-- EXTRACTED DATA follows --
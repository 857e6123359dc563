//! The page file: which of its pages are reserved, and their bytes.
//!
//! [`Pages`] keeps which pages of 4,096 bytes are reserved, gives the lowest free run, and takes pages back.
//! Contracts see it as the list of the reserved pages, ascending, and its room: how many extents can still be
//! freed. Bytes go to reserved pages by [`Pages::put`], and come back by [`get`].
#![tactic(auto)]

mod area;
mod edges;
mod errors;
mod laws;
mod live;
mod pages;

pub use area::get;
pub use errors::{PageErr, PagesErr};
pub use laws::{freed_is_not_live, live_can_be_freed, reserved_is_live};
pub use pages::Pages;
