//! Bytes of extents, as the host has them.

ghost use Rattle.std.specs.Prelude.{◌≡◌, ℕ, ◌≤◌, true, length, is_ok, IfOk};
ghost use Rattle.ov_host.specs.Host.{Calls, fetched_by, gave};
ghost use Rattle.ov_host.specs.Tape.{Looks};
ghost use Rattle.ov_pages.specs.Area.{Fetches, room_at};

use ov_host::{Area, Extent, Failed, Host};

/// Reads bytes of an extent from `from` on by one read, up to the end of the extent, of the buffer or of the
/// page area, and answers how many it got.
pub fn get<H: Host>(
    host: &mut H,
    extent: Extent,
    from: u32,
    buf: &mut [u8],
) -> Result<usize, Failed>
    requires within { from ≤ extent.bytes }
    requires buffer { length buf.old ≤ 65536 }
    ensures call { Calls Looks (is_ok result) (H.state host.old) (H.state host.new) }
    ensures fetched { (H.state host.new).fetched ≡ fetched_by Area.Pages (is_ok result) (gave result) (H.state host.old).fetched }
    ensures at_most { IfOk result (λ n. n ≤ room_at extent from (length buf.old)) }
    ensures bytes { IfOk result (λ n. (H.state host.old).tells ≡ true → Fetches extent from n (H.state host.old) buf.old buf.new) }
{
    let left = (extent.bytes - from) as usize;
    let room = buf.len().min(left);
    let at = u64::from(extent.page) * 4096 + u64::from(from);
    host.read(Area::Pages, at, &mut buf[..room])
}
-- EXTRACTED DATA concluded --
- [EXERCISE AIM] Please return every line from the first one in the records above down to the line containing "freed. Bytes go", including both, exactly as written and nothing more.

- [REPLY TO THE TASK]
repository 857e6123359dc563
//! The page file: which of its pages are reserved, and their bytes.
//!
//! [`Pages`] keeps which pages of 4,096 bytes are reserved, gives the lowest free run, and takes pages back.
//! Contracts see it as the list of the reserved pages, ascending, and its room: how many extents can still be
//! freed. Bytes go to reserved pages by [`Pages::put`], and come back by [`get`].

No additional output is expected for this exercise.